**ABOUT THIS TASK:** What follows is a set of records; repeat all of them exactly.

**RECORD EXTRACTS:**
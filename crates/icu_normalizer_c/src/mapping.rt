//! Mapping and validating text by Unicode Technical Standard #46.
ghost use Rattle.std.specs.Prelude.{◌≡◌, IfOk, encode_utf8_all, string_bytes};
ghost use Rattle.icu_normalizer.specs.Mappers.{mapper_data_of_borrowed};
ghost use Rattle.icu_normalizer.specs.Encodings.{Encoding, decoded_in, encoded_in};
ghost use Rattle.icu_normalizer.specs.Utf16.{encode_utf16_all};
ghost use Rattle.icu_normalizer.specs.Mapping.{mapped_in};
ghost use Rattle.icu_normalizer_c.specs.Buffers.{LeavesAll};
ghost use Rattle.icu_normalizer_c.specs.Calls.{treatment, AtMapper, OverMapper, WritesMapped};
ghost use Rattle.normalizer_handles.specs.Handles.{held_normalizers};
ghost use Rattle.normalizer_handles.specs.Status.{IsStatus};

use crate::buffer::fill;
use crate::text::{Text, write};
use icu_normalizer::uts46::Uts46MapperBorrowed;
use icu_normalizer::{Chars, IgnoredCharacters, mapped};
use normalizer_handles::{Fault, Handle, Normalizers};
use std::alloc::{AllocError, Global};

/// What an input is mapped to.
#[derive(Drop)]
struct Mapped<U> {
    ignored: IgnoredCharacters,
    input: U,
}

impl<'a> Text for Mapped<&'a [u8]> {
    type Unit = u8;

    ghost left = { LeavesAll };

    ghost at = { λ t Unchanged Is n. AtMapper n.mapper Unchanged (λ h.
        Is ⊥ (encoded_in Encoding.Utf8 (mapped_in h t.ignored (decoded_in Encoding.Utf8 t.input.now)))) };

    fn write(
        &self,
        alloc: Global,
        normalizers: &Normalizers,
        output: &mut [u8],
        needed: &mut usize,
    ) -> Result<(), Fault> {
        let Some(mapper) = &normalizers.mapper else {
            return Err(Fault::NoMapper);
        };
        let mapper = mapper.as_borrowed();
        write_utf8(alloc, &mapper, self.ignored, self.input, output, needed)
    }
}

impl<'a> Text for Mapped<&'a [u16]> {
    type Unit = u16;

    ghost left = { LeavesAll };

    ghost at = { λ t Unchanged Is n. AtMapper n.mapper Unchanged (λ h.
        Is ⊥ (encoded_in Encoding.Utf16 (mapped_in h t.ignored (decoded_in Encoding.Utf16 t.input.now)))) };

    fn write(
        &self,
        alloc: Global,
        normalizers: &Normalizers,
        output: &mut [u16],
        needed: &mut usize,
    ) -> Result<(), Fault> {
        let Some(mapper) = &normalizers.mapper else {
            return Err(Fault::NoMapper);
        };
        let mapper = mapper.as_borrowed();
        write_utf16(alloc, &mapper, self.ignored, self.input, output, needed)
    }
}

/// What is done with ignored characters.
fn treatment(are_replaced: bool) -> IgnoredCharacters
    ensures { result ≡ treatment are_replaced }
{
    if are_replaced {
        IgnoredCharacters::Replaced
    } else {
        IgnoredCharacters::Dropped
    }
}

/// Writes what `input` decodes to, mapped and in NFC, in UTF-8. Disallowed characters become U+FFFD, and ignored ones
/// too if `are_replaced`; if not, they are dropped. `needed` is then how many units there are. Mapped text is valid only
/// if this leaves it unchanged with `are_replaced`.
///
/// # Errors
/// `NotOpen`, `NoMapper`, `Memory`, or `BufferTooSmall`, after which `needed` is how many units there are. `output` is
/// then unchanged.
#[unsafe(no_mangle)]
pub extern "C" fn icu_normalizer_map_utf8_nonnull(
    alloc: Global,
    handle: &mut Handle,
    are_replaced: bool,
    input: &[u8],
    output: &mut [u8],
    needed: &mut usize,
) -> u32
    ensures status { IsStatus result (OverMapper (held_normalizers handle.old)
        ((output.new ≡ output.old) × (needed.new ≡ needed.old))
        (WritesMapped Encoding.Utf8 (treatment are_replaced) input.now output.old output.new needed.old needed.new)) }
    ensures kept { held_normalizers handle.new ≡ held_normalizers handle.old }
{
    let ignored = treatment(are_replaced);
    write(alloc, handle, &Mapped { ignored, input }, output, needed)
}

/// Writes what `input` decodes to, mapped and in NFC, in UTF-16. Disallowed characters become U+FFFD, and ignored ones
/// too if `are_replaced`; if not, they are dropped. `needed` is then how many units there are. Mapped text is valid only
/// if this leaves it unchanged with `are_replaced`.
///
/// # Errors
/// `NotOpen`, `NoMapper`, `Memory`, or `BufferTooSmall`, after which `needed` is how many units there are. `output` is
/// then unchanged.
#[unsafe(no_mangle)]
pub extern "C" fn icu_normalizer_map_utf16_nonnull(
    alloc: Global,
    handle: &mut Handle,
    are_replaced: bool,
    input: &[u16],
    output: &mut [u16],
    needed: &mut usize,
) -> u32
    ensures status { IsStatus result (OverMapper (held_normalizers handle.old)
        ((output.new ≡ output.old) × (needed.new ≡ needed.old))
        (WritesMapped Encoding.Utf16 (treatment are_replaced) input.now output.old output.new needed.old needed.new)) }
    ensures kept { held_normalizers handle.new ≡ held_normalizers handle.old }
{
    let ignored = treatment(are_replaced);
    write(alloc, handle, &Mapped { ignored, input }, output, needed)
}

fn write_utf8(
    alloc: Global,
    mapper: &Uts46MapperBorrowed<'_>,
    ignored: IgnoredCharacters,
    input: &[u8],
    output: &mut [u8],
    needed: &mut usize,
) -> Result<(), Fault>
    ensures { WritesMapped Encoding.Utf8 ignored input.now output.old output.new needed.old needed.new
        (mapper_data_of_borrowed mapper.now) result }
{
    let characters = mapped(alloc, mapper, ignored, Chars::new(input))?;
    let encoded = encoded_utf8(alloc, &characters)?;
    fill(encoded.as_bytes(), output, needed)
}

fn write_utf16(
    alloc: Global,
    mapper: &Uts46MapperBorrowed<'_>,
    ignored: IgnoredCharacters,
    input: &[u16],
    output: &mut [u16],
    needed: &mut usize,
) -> Result<(), Fault>
    ensures { WritesMapped Encoding.Utf16 ignored input.now output.old output.new needed.old needed.new
        (mapper_data_of_borrowed mapper.now) result }
{
    let characters = mapped(alloc, mapper, ignored, Chars::new(input))?;
    let encoded = encoded_utf16(alloc, &characters)?;
    fill(encoded.as_slice(), output, needed)
}

fn encoded_utf8(alloc: Global, characters: &[char]) -> Result<String, AllocError>
    ensures { IfOk result (λ text. string_bytes text ≡ encode_utf8_all characters.now) }
{
    characters.iter().copied().collect(alloc)
}

fn encoded_utf16(alloc: Global, characters: &[char]) -> Result<Vec<u16>, AllocError>
    ensures { IfOk result (λ units. units.items ≡ encode_utf16_all characters.now) }
{
    let mut units = Vec::new(alloc);
    for c in characters {
        let mut buffer = [0; 2];
        units.extend_from_slice(c.encode_utf16(&mut buffer))?;
    }
    Ok(units)
}
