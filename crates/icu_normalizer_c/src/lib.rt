//! The calls of `icu_normalizer` for C: `include/icu_normalizer.h` declares them.
#![tactic(auto)]

mod buffer;
mod checking;
mod history;
mod mapping;
mod mismatch;
mod opening;
mod overwrite;
mod piece;
mod property;
mod question;
mod sink;
mod text;
mod version;
mod writing;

**EXERCISE ANSWER:**
filename crates/icu_normalizer_c/src/mapping.rt
//! Mapping and validating text by Unicode Technical Standard #46.
ghost use Rattle.std.specs.Prelude.{◌≡◌, IfOk, encode_utf8_all, string_bytes};
ghost use Rattle.icu_normalizer.specs.Mappers.{mapper_data_of_borrowed};
ghost use Rattle.icu_normalizer.specs.Encodings.{Encoding, decoded_in, encoded_in};
ghost use Rattle.icu_normalizer.specs.Utf16.{encode_utf16_all};
ghost use Rattle.icu_normalizer.specs.Mapping.{mapped_in};
ghost use Rattle.icu_normalizer_c.specs.Buffers.{LeavesAll};
ghost use Rattle.icu_normalizer_c.specs.Calls.{treatment, AtMapper, OverMapper, WritesMapped};
ghost use Rattle.normalizer_handles.specs.Handles.{held_normalizers};
ghost use Rattle.normalizer_handles.specs.Status.{IsStatus};

use crate::buffer::fill;
use crate::text::{Text, write};
use icu_normalizer::uts46::Uts46MapperBorrowed;
use icu_normalizer::{Chars, IgnoredCharacters, mapped};
use normalizer_handles::{Fault, Handle, Normalizers};
use std::alloc::{AllocError, Global};

/// What an input is mapped to.
#[derive(Drop)]
struct Mapped<U> {
    ignored: IgnoredCharacters,
    input: U,
}

impl<'a> Text for Mapped<&'a [u8]> {
    type Unit = u8;

    ghost left = { LeavesAll };

    ghost at = { λ t Unchanged Is n. AtMapper n.mapper Unchanged (λ h.
        Is ⊥ (encoded_in Encoding.Utf8 (mapped_in h t.ignored (decoded_in Encoding.Utf8 t.input.now)))) };

    fn write(
        &self,
        alloc: Global,
        normalizers: &Normalizers,
        output: &mut [u8],
        needed: &mut usize,
    ) -> Result<(), Fault> {
        let Some(mapper) = &normalizers.mapper else {
            return Err(Fault::NoMapper);
        };
        let mapper = mapper.as_borrowed();
        write_utf8(alloc, &mapper, self.ignored, self.input, output, needed)
    }
}

impl<'a> Text for Mapped<&'a [u16]> {
    type Unit = u16;

    ghost left = { LeavesAll };

    ghost at = { λ t Unchanged Is n. AtMapper n.mapper Unchanged (λ h.
        Is ⊥ (encoded_in Encoding.Utf16 (mapped_in h t.ignored (decoded_in Encoding.Utf16 t.input.now)))) };

    fn write(
        &self,
        alloc: Global,
        normalizers: &Normalizers,
        output: &mut [u16],
        needed: &mut usize,
    ) -> Result<(), Fault> {
        let Some(mapper) = &normalizers.mapper else {
            return Err(Fault::NoMapper);
        };
        let mapper = mapper.as_borrowed();
        write_utf16(alloc, &mapper, self.ignored, self.input, output, needed)
    }
}

/// What is done with ignored characters.
fn treatment(are_replaced: bool) -> IgnoredCharacters
    ensures { result ≡ treatment are_replaced }
{
    if are_replaced {
        IgnoredCharacters::Replaced
    } else {
        IgnoredCharacters::Dropped
    }
}

/// Writes what `input` decodes to, mapped and in NFC, in UTF-8. Disallowed characters become U+FFFD, and ignored ones
/// too if `are_replaced`; if not, they are dropped. `needed` is then how many units there are. Mapped text is valid only
/// if this leaves it unchanged with `are_replaced`.
///
/// # Errors
/// `NotOpen`, `NoMapper`, `Memory`, or `BufferTooSmall`, after which `needed` is how many units there are. `output` is
/// then unchanged.
#[unsafe(no_mangle)]
pub extern "C" fn icu_normalizer_map_utf8_nonnull(
    alloc: Global,
    handle: &mut Handle,
    are_replaced: bool,
    input: &[u8],
    output: &mut [u8],
    needed: &mut usize,
) -> u32
    ensures status { IsStatus result (OverMapper (held_normalizers handle.old)
        ((output.new ≡ output.old) × (needed.new ≡ needed.old))
        (WritesMapped Encoding.Utf8 (treatment are_replaced) input.now output.old output.new needed.old needed.new)) }
    ensures kept { held_normalizers handle.new ≡ held_normalizers handle.old }
{
    let ignored = treatment(are_replaced);
    write(alloc, handle, &Mapped { ignored, input }, output, needed)
}

/// Writes what `input` decodes to, mapped and in NFC, in UTF-16. Disallowed characters become U+FFFD, and ignored ones
/// too if `are_replaced`; if not, they are dropped. `needed` is then how many units there are. Mapped text is valid only
/// if this leaves it unchanged with `are_replaced`.
///
/// # Errors
/// `NotOpen`, `NoMapper`, `Memory`, or `BufferTooSmall`, after which `needed` is how many units there are. `output` is
/// then unchanged.
#[unsafe(no_mangle)]
pub extern "C" fn icu_normalizer_map_utf16_nonnull(
    alloc: Global,
    handle: &mut Handle,
    are_replaced: bool,
    input: &[u16],
    output: &mut [u16],
    needed: &mut usize,
) -> u32
    ensures status { IsStatus result (OverMapper (held_normalizers handle.old)
        ((output.new ≡ output.old) × (needed.new ≡ needed.old))
        (WritesMapped Encoding.Utf16 (treatment are_replaced) input.now output.old output.new needed.old needed.new)) }
    ensures kept { held_normalizers handle.new ≡ held_normalizers handle.old }
{
    let ignored = treatment(are_replaced);
    write(alloc, handle, &Mapped { ignored, input }, output, needed)
}

fn write_utf8(
    alloc: Global,
    mapper: &Uts46MapperBorrowed<'_>,
    ignored: IgnoredCharacters,
    input: &[u8],
    output: &mut [u8],
    needed: &mut usize,
) -> Result<(), Fault>
    ensures { WritesMapped Encoding.Utf8 ignored input.now output.old output.new needed.old needed.new
        (mapper_data_of_borrowed mapper.now) result }
{
    let characters = mapped(alloc, mapper, ignored, Chars::new(input))?;
    let encoded = encoded_utf8(alloc, &characters)?;
    fill(encoded.as_bytes(), output, needed)
}

fn write_utf16(
    alloc: Global,
    mapper: &Uts46MapperBorrowed<'_>,
    ignored: IgnoredCharacters,
    input: &[u16],
    output: &mut [u16],
    needed: &mut usize,
) -> Result<(), Fault>
    ensures { WritesMapped Encoding.Utf16 ignored input.now output.old output.new needed.old needed.new
        (mapper_data_of_borrowed mapper.now) result }
{
    let characters = mapped(alloc, mapper, ignored, Chars::new(input))?;
    let encoded = encoded_utf16(alloc, &characters)?;
    fill(encoded.as_slice(), output, needed)
}

fn encoded_utf8(alloc: Global, characters: &[char]) -> Result<String, AllocError>
    ensures { IfOk result (λ text. string_bytes text ≡ encode_utf8_all characters.now) }
{
    characters.iter().copied().collect(alloc)
}

fn encoded_utf16(alloc: Global, characters: &[char]) -> Result<Vec<u16>, AllocError>
    ensures { IfOk result (λ units. units.items ≡ encode_utf16_all characters.now) }
{
    let mut units = Vec::new(alloc);
    for c in characters {
        let mut buffer = [0; 2];
        units.extend_from_slice(c.encode_utf16(&mut buffer))?;
    }
    Ok(units)
}
filename crates/icu_normalizer_c/src/lib.rt
//! The calls of `icu_normalizer` for C: `include/icu_normalizer.h` declares them.
#![tactic(auto)]

mod buffer;
mod checking;
mod history;
mod mapping;
mod mismatch;
mod opening;
mod overwrite;
mod piece;
mod property;
mod question;
mod sink;
mod text;
mod version;
mod writing;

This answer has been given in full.